We build the master fact table at the item level, because:
- Revenue and categories are item-based
- We can still analyze satisfaction by joining review score per order

We combine:
- orders_clean (timestamps + delivery performance)
- payments_agg (order revenue)
- reviews_clean (review score)
- items_with_cat (items + category)

In [None]:
items_with_cat = items_with_cat.drop(columns=["order_purchase_timestamp"], errors="ignore")

fact_orders_master = (
    items_with_cat
    .merge(orders_clean, on="order_id", how="inner")
    .merge(payments_agg, on="order_id", how="left")
    .merge(reviews_clean, on="order_id", how="left")
)

fact_orders_master.shape

(110197, 19)

## Step 6: Create Key Analytical Flags

Create helper columns to support the two main questions:
1) Dissatisfaction: low rating and delay indicators
2) Revenue focus: item total value

In [38]:
fact_orders_master["is_low_rating"] = fact_orders_master["review_score"].isin([1, 2])
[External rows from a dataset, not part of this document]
//! The branches of a test file that go back.

use crate::lexemes::{Lexeme, part, word_at};
use crate::sheet::{Instruction, Label, MOST_HARTS, Sheet};
use fs_instr::Reg;
use fs_litmus_tokens::number_of;
use std::alloc::{AllocError, Global};

/// How many registers a hart has.
const REGISTERS: usize = 32;

/// How the label begins to which branches go that have no other turn to make.
const NEXT_TURN: &str = "NextTurn";

/// A branch that goes back, by positions in its hart's code.
#[derive(Clone, Copy)]
pub(crate) struct Turn {
    pub(crate) hart: usize,
    pub(crate) at: usize,
    /// Where it goes.
    pub(crate) to: usize,
    /// Its line in the file, from 1 on.
    pub(crate) line: usize,
}

/// The branches of a test that go back, and what stands for them.
#[derive(Drop)]
pub(crate) struct Loops {
    pub(crate) turns: Vec<Turn>,
    /// The lexemes of the labels in these branches.
    pub(crate) branches: Vec<usize>,
    /// The lexemes of labels to which no other branch goes.
    pub(crate) labels: Vec<usize>,
    /// Of each hart whether one of its branches goes back.
    pub(crate) harts: Vec<bool>,
    /// A register that the file doesn't name.
    pub(crate) register: usize,
    /// A label that it doesn't name, to which branches go that have no other turn to make.
    pub(crate) next_turn: String,
}

fn is_branch(mnemonic: &str) -> bool {
    matches!(
        mnemonic,
        "beq"
            | "bne"
            | "blt"
            | "bge"
            | "bltu"
            | "bgeu"
            | "beqz"
            | "bnez"
            | "blez"
            | "bgez"
            | "bltz"
            | "bgtz"
            | "bgt"
            | "ble"
            | "bgtu"
            | "bleu"
            | "j"
            | "jal"
    )
}

fn is_number(label: &str) -> bool {
    label.bytes().all(|byte| byte.is_ascii_digit())
}

/// Does a branch call this label, a number, with the letter behind it?
fn is_numbered(label: &str, word: &str, letter: char) -> bool {
    match word.strip_suffix(letter) {
        Some(number) => number == label && is_number(label),
        None => false,
    }
}

/// May a branch that names it so go back to this label?
fn is_named(label: &str, word: &str) -> bool {
    is_numbered(label, word, 'b') || label == word && !is_number(label)
}

/// The one label of the hart that the branch names; nothing where there are none or several.
fn label_of(
    text: &[u8],
    lexemes: &[Lexeme],
    labels: &[Label],
    branch: &Instruction,
) -> Option<Label> {
    let word = word_at(text, lexemes, branch.last);
    let mut found = None;
    for label in labels {
        if label.hart == branch.hart && is_named(word_at(text, lexemes, label.name), word) {
            if found.is_some() {
                return None;
            }
            found = Some(*label);
        }
    }
    found
}

/// The label to which the instruction goes back, if it does.
fn goes_back_to(
    text: &[u8],
    lexemes: &[Lexeme],
    labels: &[Label],
    instruction: &Instruction,
) -> Option<Label> {
    if !is_branch(word_at(text, lexemes, instruction.mnemonic))
        || instruction.last == instruction.mnemonic
    {
        return None;
    }
    let label = label_of(text, lexemes, labels, instruction)?;
    if label.at <= instruction.at {
        Some(label)
    } else {
        None
    }
}

/// For each instruction the label to which it goes back, if it does.
fn labels_behind(
    alloc: Global,
    text: &[u8],
    lexemes: &[Lexeme],
    sheet: &Sheet,
) -> Result<Vec<Option<Label>>, AllocError> {
    let mut found = Vec::new(alloc);
    for instruction in &sheet.instructions {
        found.push(goes_back_to(text, lexemes, &sheet.labels, instruction))?;
    }
    Ok(found)
}

/// Does a branch that doesn't go back end in this label?
fn is_ahead(
    text: &[u8],
    lexemes: &[Lexeme],
    sheet: &Sheet,
    behind: &[Option<Label>],
    label: &Label,
) -> bool {
    let name = word_at(text, lexemes, label.name);
    for (number, instruction) in sheet.instructions.iter().enumerate() {
        let goes_back = matches!(behind.get(number), Some(Some(_)));
        let word = word_at(text, lexemes, instruction.last);
        if instruction.hart == label.hart
            && !goes_back
            && is_branch(word_at(text, lexemes, instruction.mnemonic))
            && (word == name || is_numbered(name, word, 'f'))
        {
            return true;
        }
    }
    false
}

/// The greatest register that no word of the file names.
fn free_register(alloc: Global, text: &[u8], lexemes: &[Lexeme]) -> Result<usize, AllocError> {
    let mut named = Vec::from_array(alloc, [false; REGISTERS])?;
    for lexeme in lexemes {
        if let Some(register) = Reg::of(lexeme.word(text)) {
            let number = usize::from(register.number());
            if number < named.len() {
                named[number] = true;
            }
        }
    }
    for number in 1..named.len() {
        let greatest = named.len() - number;
        if !named[greatest] {
            return Ok(greatest);
        }
    }
    Ok(0)
}

/// The least number behind `NextTurn` with which no word of the file has it; 0 stands for none. Linear in the lexemes.
fn free_number(alloc: Global, text: &[u8], lexemes: &[Lexeme]) -> Result<usize, AllocError> {
    let mut named = Vec::new(alloc);
    for _ in 0..lexemes.len() {
        named.push(false)?;
    }
    for lexeme in lexemes {
        if let Some(more) = lexeme.word(text).strip_prefix(NEXT_TURN) {
            let number = number_of(more).unwrap_or(0) as usize;
            if number < named.len() {
                named[number] = true;
            }
        }
    }
    for number in 0..named.len() {
        if !named[number] {
            return Ok(number);
        }
    }
    Ok(named.len())
}

/// The label of this number.
fn next_turn(alloc: Global, number: usize) -> Result<String, AllocError> {
    if number == 0 {
        return String::from_str(alloc, NEXT_TURN);
    }
    format!(in alloc; "{NEXT_TURN}{number}")
}

/// A place in a text: its byte, and its line, from 1 on.
#[derive(Clone, Copy)]
struct Place {
    byte: usize,
    line: usize,
}

impl Place {
    /// The place of a byte that isn't before this one. Linear in the bytes between them.
    fn later(self, text: &[u8], byte: usize) -> Place {
        let mut line = self.line;
        for passed in part(text, self.byte, byte) {
            if *passed == b'\n' {
                line = line.saturating_add(1);
            }
        }
        Place { byte, line }
    }
}

/// The branches that go back, each to this label of its instruction's. Linear in the text.
fn turns_of(
    alloc: Global,
    text: &[u8],
    lexemes: &[Lexeme],
    sheet: &Sheet,
    behind: &[Option<Label>],
) -> Result<Vec<Turn>, AllocError> {
    let mut turns = Vec::new(alloc);
    let mut place = Place { byte: 0, line: 1 };
    for (number, instruction) in sheet.instructions.iter().enumerate() {
        if let Some(lexeme) = lexemes.get(instruction.mnemonic) {
            place = place.later(text, lexeme.start);
        }
        if let Some(Some(label)) = behind.get(number) {
            turns.push(Turn {
                hart: instruction.hart,
                at: instruction.at,
                to: label.at,
                line: place.line,
            })?;
        }
    }
    Ok(turns)
}

/// The branches that go back. Nothing where there are none, or no register is free.
pub(crate) fn loops_of(
    alloc: Global,
    text: &[u8],
    lexemes: &[Lexeme],
    sheet: &Sheet,
) -> Result<Option<Loops>, AllocError> {
    let mut branches = Vec::new(alloc);
    let mut labels = Vec::new(alloc);
    let mut harts = Vec::from_array(alloc, [false; MOST_HARTS])?;
    let behind = labels_behind(alloc, text, lexemes, sheet)?;
    let turns = turns_of(alloc, text, lexemes, sheet, &behind)?;
    for (number, instruction) in sheet.instructions.iter().enumerate() {
        if let Some(Some(label)) = behind.get(number) {
            branches.push(instruction.last)?;
            if !is_ahead(text, lexemes, sheet, &behind, label) {
                labels.push(label.name)?;
            }
            if instruction.hart < harts.len() {
                harts[instruction.hart] = true;
            }
        }
    }
    let register = free_register(alloc, text, lexemes)?;
    if branches.is_empty() || register == 0 {
        return Ok(None);
    }
    let number = free_number(alloc, text, lexemes)?;
    Ok(Some(Loops {
        turns,
        branches,
        labels,
        harts,
        register,
        next_turn: next_turn(alloc, number)?,
    }))
}

/// Appends a row with this cell in the columns of these harts.
fn push_row(
    text: &mut Vec<u8>,
    columns: usize,
    harts: &[bool],
    cell: &[u8],
) -> Result<(), AllocError> {
    for column in 0..columns {
        if column > 0 {
            text.extend_from_slice(b" |")?;
        }
        if harts.get(column) == Some(&true) {
            text.push(b' ')?;
            text.extend_from_slice(cell)?;
        }
    }
    text.extend_from_slice(b" ;")
}

impl Loops {
    /// Appends the rows that end the code of each hart with a loop: the register becomes 1, and behind that stands the
    /// label to which branches go that have no other turn to make.
    pub(crate) fn push_rows(
        &self,
        alloc: Global,
        text: &mut Vec<u8>,
        columns: usize,
    ) -> Result<(), AllocError> {
        let mark = format!(in alloc; "li x{},1", self.register)?;
        push_row(text, columns, &self.harts, mark.as_bytes())?;
        let label = format!(in alloc; "{}:", self.next_turn.as_str())?;
        push_row(text, columns, &self.harts, label.as_bytes())
    }

    /// Appends for each hart with a loop that its register is 1, joined by `/\`.
    pub(crate) fn push_marks(
        &self,
        alloc: Global,
        text: &mut Vec<u8>,
        is_first: bool,
    ) -> Result<(), AllocError> {
        let mut is_first = is_first;
        for (hart, has_loop) in self.harts.iter().enumerate() {
            if *has_loop {
                if !is_first {
                    text.extend_from_slice(b" /\\ ")?;
                }
                is_first = false;
                let atom = format!(in alloc; "{}:x{}=1", hart, self.register)?;
                text.extend_from_slice(atom.as_bytes())?;
            }
        }
        Ok(())
    }
}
fact_orders_master["item_total_value"] = (
    fact_orders_master["price"] + fact_orders_master["freight_value"]
)

fact_orders_master[["review_score", "is_low_rating", "item_total_value"]].head()

Unnamed: 0,review_score,is_low_rating,item_total_value
0,5.0,False,72.19
1,4.0,False,259.83
2,5.0,False,216.87
3,4.0,False,25.78
4,5.0,False,218.04


## Step 7: Save Master Fact Table

Save the master fact table as the single source of truth
for all downstream analysis and SQL validation.

In [39]:
fact_orders_master.to_csv(
    "../data/processed/fact_orders_master.csv",
    index=False
)

fact_orders_master.shape

(110197, 21)

## Step 8: Master Table Sanity Checks

Perform basic validation checks to ensure data integrity.

In [40]:
fact_orders_master.isnull().mean().sort_values(ascending=False).head(10)

product_category_name            0.013948
review_score                     0.007505
order_approved_at                0.000136
order_delivered_customer_date    0.000073
delivery_time_days               0.000073
order_revenue                    0.000027
order_delivered_carrier_date     0.000018
shipping_limit_date              0.000000
order_item_id                    0.000000
order_id                         0.000000
dtype: float64

## Sanity Check Summary

The master fact table shows a very low level of missing values.

- Missing product categories (~1.4%) are expected due to incomplete product classification.
- Missing review scores (~0.75%) reflect delivered orders without customer feedback.
- All revenue-critical fields (price, product_id, shipping_limit_date) have **0% missing values**.

Overall, the dataset is analytically sound and suitable for
revenue analysis, customer satisfaction analysis, and SQL validation.